# What Do You Like to Put in Your Coffee or Hot Tea?



## SeaBreeze

I just use creamer in my coffee, like Coffee Mate.  If I have real heavy cream or half and half, I would use that, but I rarely have those things on hand, and they do make the coffee cold, especially in the amounts I use.  I like my coffee light in color.

My family never used sugar in the coffee, because I understand it was hard to come by during the depression, either that or it was expensive.  I don't care for the sweet taste at all in coffee.

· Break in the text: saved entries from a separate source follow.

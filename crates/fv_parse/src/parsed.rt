// The tree of a program, over its tokens.

ghost use Rattle.std.specs.Prelude.{◌≡◌, ◌<◌, ◌-◌, length, map, codes};
ghost use Rattle.std.specs.Str.{bytes_eq};
ghost use Rattle.fv_parse_grammar.specs.headline.Tree.{items, start_of};
ghost use Rattle.fv_parse.specs.headline.Trees.{PartsBelow, AllBelow, place_from, place_at, text_of, label_of};
ghost use Rattle.fv_parse.specs.Trees.{size_of, tree_in, node_tree, start_in, first_named};

use crate::definitions::is_process;
use fv_lex::{Place, Tokens};
use fv_parse_tree::{Entry, TreeId, TreeNode};
use std::marker::Model;

/// The tree of a program, over its tokens.
#[derive(Drop)]
pub struct Tree<'a> {
    pub(crate) tokens: &'a Tokens<'a>,
    pub(crate) entries: Vec<Entry>,
    pub(crate) root: TreeId,
    /// The canonical number of each token, and after them that of no bytes.
    pub(crate) names: Vec<u64>,
}

impl<'a> Model for Tree<'a> {
    ghost use Rattle.fv_parse.specs.Trees.{Parsed, IsHeld};

    ghost Value = { Parsed };

    ghost view = { λ t. record { tokens = t.tokens.now; entries = t.entries.items; root = t.root } };

    ghost invariant = { λ t. IsHeld t.tokens.now t.entries.items t.root t.names.items };
}

impl Tree<'_> {
    /// How many nodes there are. Their numbers are those below it.
    pub fn len(&self) -> u64
        ensures { result ≡ size_of self.now }
    {
        self.entries.len() as u64
    }

    /// A node with its place.
    fn entry(&self, id: TreeId) -> &Entry
        requires { id < size_of self.now }
        ensures parts { PartsBelow id result.now.node }
        ensures tree { tree_in self.now id ≡ node_tree self.now result.now.node result.now.start }
        ensures start { result.now.start ≡ start_in self.now id }
    {
        &self.entries[id.number() as usize]
    }

    /// A node. Its parts have lower numbers.
    pub fn node(&self, id: TreeId) -> &TreeNode
        requires { id < size_of self.now }
        ensures parts { PartsBelow id result.now }
        ensures tree { tree_in self.now id ≡ node_tree self.now result.now (start_in self.now id) }
    {
        &self.entry(id).node
    }

    /// The parts of a list, in order. What is no list has none.
    pub fn items(&self, id: TreeId) -> &[TreeId]
        requires { id < size_of self.now }
        ensures items { map (tree_in self.now) result.now ≡ items (tree_in self.now id) }
        ensures below { AllBelow id result.now }
    {
        match self.node(id) {
            TreeNode::List(ids) => ids,
            _ => &[],
        }
    }

    /// The outermost list of definitions.
    pub fn root(&self) -> TreeId
        ensures root { result ≡ self.now.root }
        ensures inside { result < size_of self.now }
    {
        self.root
    }

    /// How many tokens there are from a node's first one on.
    fn start(&self, id: TreeId) -> u64
        requires { id < size_of self.now }
        ensures { result ≡ start_of (tree_in self.now id) }
    {
        let entry = self.entry(id);
        match &entry.node {
            TreeNode::List(ids) => match ids.first() {
                Some(first) => self.start(*first),
                None => 0,
            },
            _ => entry.start,
        }
    }

    /// The place of a node's first token. A list has the place of its first item, and an empty one the end of the text.
    pub fn place(&self, id: TreeId) -> Place
        requires { id < size_of self.now }
        ensures { result ≡ place_from self.now.tokens (start_of (tree_in self.now id)) }
    {
        place_from(self.tokens, self.start(id))
    }

    /// The number of a node's first token.
    pub(crate) fn first_token(&self, id: TreeId) -> u64
        requires { id < size_of self.now }
        ensures { result ≡ length self.now.tokens.tokens - start_in self.now id }
    {
        u64::from(self.tokens.len()).saturating_sub(self.entry(id).start)
    }

    /// The bytes of the token with this number.
    pub fn text(&self, n: u64) -> &[u8]
        ensures { result.now ≡ text_of self.now.tokens n }
    {
        text_of(self.tokens, n)
    }

    /// The bytes of a string token, without its quotes.
    pub fn label(&self, n: u64) -> &[u8]
        ensures { result.now ≡ label_of self.now.tokens n }
    {
        match self.text(n) {
            [_, inner @ .., _] => inner,
            _ => &[],
        }
    }

    /// The canonical number of the token with this number: that of the first token with its bytes. Names are equal where
    /// these are.
    pub fn name(&self, n: u64) -> u64
        ensures { result ≡ first_named self.now.tokens n }
    {
        let count = u64::from(self.tokens.len());
        let i = n.min(count);
        self.names[i as usize]
    }

    /// Whether the token with this number is the name `process`.
    pub fn is_process(&self, n: u64) -> bool
        ensures { result ≡ bytes_eq (text_of self.now.tokens n) (codes "process") }
    {
        is_process(self.text(n))
    }
}

/// The place from which there are `start` tokens to the end of the text.
pub(crate) fn place_from(tokens: &Tokens, start: u64) -> Place
    ensures { result ≡ place_from tokens.now start }
{
    let count = u64::from(tokens.len());
    let i = count.saturating_sub(start);
    if i < count {
        tokens.place(i as u32)
    } else {
        tokens.end()
    }
}

/// The place of the token with this number.
pub(crate) fn place_at(tokens: &Tokens, n: u64) -> Place
    ensures { result ≡ place_at tokens.now n }
{
    if n < u64::from(tokens.len()) {
        tokens.place(n as u32)
    } else {
        tokens.end()
    }
}

/// The bytes of the token with this number.
pub(crate) fn text_of<'a>(tokens: &'a Tokens, n: u64) -> &'a [u8]
    ensures { result.now ≡ text_of tokens.now n }
{
    if n < u64::from(tokens.len()) {
        tokens.text(n as u32)
    } else {
        &[]
    }
}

What do you like to put in your coffee? 

For hot tea, I like to use unrefined raw honey.  What do you put in your tea? :teapot:


----------



## Steve

I like my coffee BLACK - BLACK ...

No sweetener or whitener......

I also like my coffee flavourful... I hate black water that has NO taste...

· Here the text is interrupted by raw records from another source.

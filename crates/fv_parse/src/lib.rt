//! The parser: the tree of a text's tokens, and what refuses it. Promises the one tree of a program, or its first refusal with its
//! exact place (`parse`, `one_outcome`).
#![tactic(auto)]

mod clash;
mod definitions;
mod laws;
mod names;
mod parsed;
mod parser;
mod refusal;
mod static_errors;
mod unsupported;

pub use fv_parse_tree::{TreeId, TreeNode};
pub use laws::{one_outcome, same_names};
pub use parsed::Tree;
pub use parser::parse;
pub use refusal::ParseRefusal;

As for tea..... Much the same as my coffee... Just plain tea is perfect for me..
I don't like the flavoured teas either....


----------



## Vivjen

Nothing...no milk, no sugar....
I don't drink tea.


----------



## Raven

I have skim milk in my tea and coffee, no sugar.
Sometimes I have a cup of green tea with honey and when I want a glass of milk
I like unsweetened almond milk.  It is also good to use when baking.


----------



## rkunsaw

Morning coffee nothing. Sometimes if I have coffee in the evening I'll us some Emmets Irish cream or hot chocolate mix.

I add stevia to tea...hot or cold.


----------



## Pappy

Level teaspoon of sugar and a shot of half and half. Wife and I drink the same type so fixing each other a cup is no problem. In fact, we met, over 57 years ago over a cup of coffee at the old Oxford Diner.


----------



## Jackie22

Coffee......Splenda, tea......Splenda and lemon.


----------



## Falcon

Regular sugar and regular milk.  That's for my ONE serving of coffee per day; and that's when I first get up in the morning.

  Can't STAND tea in any form.


----------



## SeaBreeze

I knew a man who always put salt in his coffee, I tried it that way and hated it.


----------



## Michael.

We use a pinch of ground Cardamom & Cinnamon in our tea - or a pinch of Fennel seeds.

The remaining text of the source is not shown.